The comments overlay cover up the very text that you're suppose to be reading.
This disrupts the reading flow, making it hard to find my way back to where I
was reading, especially comments are merely secondary to the actual article.
To get back to the article I have to press this tiny close button on the top
left corner of the comments overlay. Plus, there's a huge amount of whitespace
to the right of the article which you're not using
<http://i.imgur.com/1JvLWQP.png> \- why cover important content, leaving large
amount of screen space unused when there's perfectly good unused space on the
right?

The pagination scheme is terrible. The article is a blog post, not a book.
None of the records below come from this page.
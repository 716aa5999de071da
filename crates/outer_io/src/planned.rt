//! Puts that are to fail.

ghost use Rattle.std.specs.Prelude.{◌≡◌};
ghost use Rattle.outer_io.specs.MemorySink.{plan_for};

/// A put that is to fail once this many bytes of its piece are added.
#[derive(Clone, Copy, Debug)]
pub struct PlannedFault {
    /// The number of the put, counted from 1.
    pub call: u32,
    /// How many bytes it adds.
    pub added: usize,
}

/// How many bytes of its piece the put of this number adds before it fails. The last plan holds.
pub fn planned_for(planned: &[PlannedFault], call: u32) -> Option<usize>
    ensures { result ≡ plan_for planned.now call }
{
    let mut found = None;
    for fault in planned {
        if fault.call == call {
            found = Some(fault.added);
        }
    }
    found
}
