//! The operator's commands: how they are read, and what is answered to them.
//!
//! **Names are kept in a `BTreeMap` of std**, and looked up as a slice of the line. A `HashMap` of std hashes with a seed that everyone knows, so
//! whoever chose the names could make each of them take as long as all before it together. In an order, the worst names take the logarithm.
#![tactic(auto)]

mod command;
mod event;
mod fault;
mod filter;
mod kept;
mod laws;
mod long;
mod look;
mod plain;
mod read;
mod reply;
mod verb;
mod watch;
mod words;

pub use command::{Command, Look, Network};
pub use event::{Direction, enter, session_number};
pub use fault::{CommandFault, StateFault};
pub use filter::{FilterSource, NamedFilters, give_name, name_source, verify_text};
pub use kept::answer_kept;
pub use laws::{one_line_one_entry, two_runs_are_answered_alike};
pub use long::read_long;
pub use look::{answer_history, answer_look};
pub use plain::{PlainCommand, read_plain};
pub use read::{read_code, read_command, read_load, read_node, read_node_prefix, read_small};
pub use reply::{answer_reply, confirm, push_via, refuse};
pub use watch::{NoWatcher, RefusedLine, Watch};
pub use words::{cut_word, one_word, text_in, three_words, two_words};

/// The most entries that are told at once.
pub const HISTORY_COUNT: usize = 100;
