//! The events of a script's router.
//!
//! **An event of a script names session 0 where its node is not up** (`session_number`): an event has a number there, and a session's is 1 or more.
//! So the line is in the history, refused as N3. The tables have an `Option`, which says so by its type.
ghost use Rattle.std.specs.Prelude.{◌≡◌, IfOk, OnErr};
ghost use Rattle.std.specs.Io.{StartsWith};
ghost use Rattle.operator_cmds.specs.Script.{AnswersIn};
ghost use Rattle.operator_cmds.specs.Stages.{session_number};
ghost use Rattle.operator_cmds.specs.Replies.{Answers};

use crate::reply::{answer_reply, refuse};
use filter_verifier::Verified;
use line_protocol::LineReply;
use netchange_core::Event;
use route_history::{CallFault, Journal};
use std::alloc::AllocError;
use std::sync::Arc;

/// Which distances pass a filter: those that a neighbour tells, or those that it is told.
#[derive(Clone, Copy)]
pub enum Direction {
    /// `import`: those that it tells.
    Import,
    /// `export`: those that it is told.
    Export,
}

impl Direction {
    ghost use Rattle.operator_cmds.specs.Script.{setting};

    /// The event that gives a neighbour a filter in this direction.
    pub fn event(self, node: u16, filter: Arc<Verified>) -> Event
        ensures { result ≡ setting self node filter }
    {
        match self {
            Direction::Import => Event::SetImport(node, filter),
            Direction::Export => Event::SetExport(node, filter),
        }
    }
}

/// The number by which an event of a script names a node's session: 0, which no session has, where the node is no up neighbour.
#[inline(always)]
pub fn session_number(session: Option<u32>) -> u32
    ensures { result ≡ session_number session }
{
    session.unwrap_or(0)
}

/// Enters an event in the journal, and answers it. A full journal refuses it with the number of its entries.
#[inline(always)]
pub fn enter(
    journal: &mut Journal,
    event: Event,
    out: &mut Vec<u8>,
) -> Result<LineReply, AllocError>
    ensures ok { IfOk result (Answers (λ answer. AnswersIn journal.old event answer journal.new) out.old.items out.new.items) }
    ensures err { OnErr result (StartsWith out.new.items out.old.items) }
{
    match journal.apply(event) {
        Ok((at, reply)) => answer_reply(out, u64::from(at), reply.as_ref()),
        Err(CallFault::Full) => {
            let entries = journal.entries().len() as u64;
            refuse(out, CallFault::Full.code(), entries)
        }
        Err(CallFault::Memory) => Err(AllocError),
    }
}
And
even if it were, no one would want to read something on screens. (Edit:
Firefox 21 beta. I see Chrome that has transitions, which means this is not
actually poor performance, but simply missing transitions. I still don't see
any reason why Firefox shouldn't have transitions, though) The performance is
terrible. I can count seconds between me clicking on the next page button and
the next page actually showing up, with no feedback whatsoever that the page
is loading.

Document annotation and comment UI isn't hard. When Microsoft Word has you
beat in terms of UI, you're probably doing something very wrong.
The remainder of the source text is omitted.